Bermuda takes part in first global Pati ‘stress test’
Bermuda has taken part in a global “stress test” of public access to information laws, said to be the first of its kind ever conducted.
The Royal Gazette, along with organisations and individuals from around the world, volunteered to submit two Pati requests to public authorities on behalf of the Centre for Law and Democracy, a non-profit human rights organisation in Canada.
The results were mixed for the island, where the Department of Health responded with full disclosure in the legislated time frame and the Department of Environment and Natural Resources failed to give a decision.
The CLD’s report on the stress test, released on September 28 — the International Day for Universal Access to Information — said “mute refusals or no substantive reply at all” were the “worst possible outcome”.
“Mute responses are a fundamental denial of the right to information,” the report said. “If requests go unanswered, the right exists only on paper.
“’No response erodes trust, blocks oversight and kills stories.”
Jason Outerbridge, the island’s Information Commissioner, said last week: “The two CLD-authored ‘test access to information requests’ that were processed here in Bermuda provide a small snapshot into the performance of two public authorities.
“It is not indicative of Bermuda’s overall performance with Pati responses and Pati implementation.”
The CLD study, supported by Unesco, aimed to submit the same two requests for information — one on Covid vaccines and the other on pollution — in as many as possible of the 140 countries with right to information laws.
It obtained results from 146 requests in 76 countries, in what it said was the “first and most comprehensive RTI ‘stress test’ ever carried out on a global scale”.
The report said: “Although two requests are not enough to assess how well each country is doing, the exercise certainly provided a global thermometer on how well these laws are being implemented.”

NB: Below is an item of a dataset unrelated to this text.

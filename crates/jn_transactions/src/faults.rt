//! Why a call of a coordinator fails.

use jn_base::CallFault;

/// Why a call fails. It sends nothing then. After `Stopped` the coordinator is of no more use; after `Memory` nothing has changed.
pub type CoordFault = CallFault;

The Centre for Law and Democracy report found that only three out of 76 countries charged fees for the public access to information requests made as part of the test, describing the “low incidence” as “encouraging”.
“The virtual absence of fees being charged is one of the positive outcomes of this testing exercise,” it said.
A change to the law last year means that Bermuda — where Pati was enacted a decade ago — upon commencement of the amendments, can begin charging fees for requests.
The legislation provided that public authorities would be allowed to charge requesters $60 an hour for requests that exceed 16 hours to process, while requests that take more than 100 hours to complete could be rejected.
The CLD report said that the “vast majority of volunteers who received information” as part of its global study reported that no fees were charged.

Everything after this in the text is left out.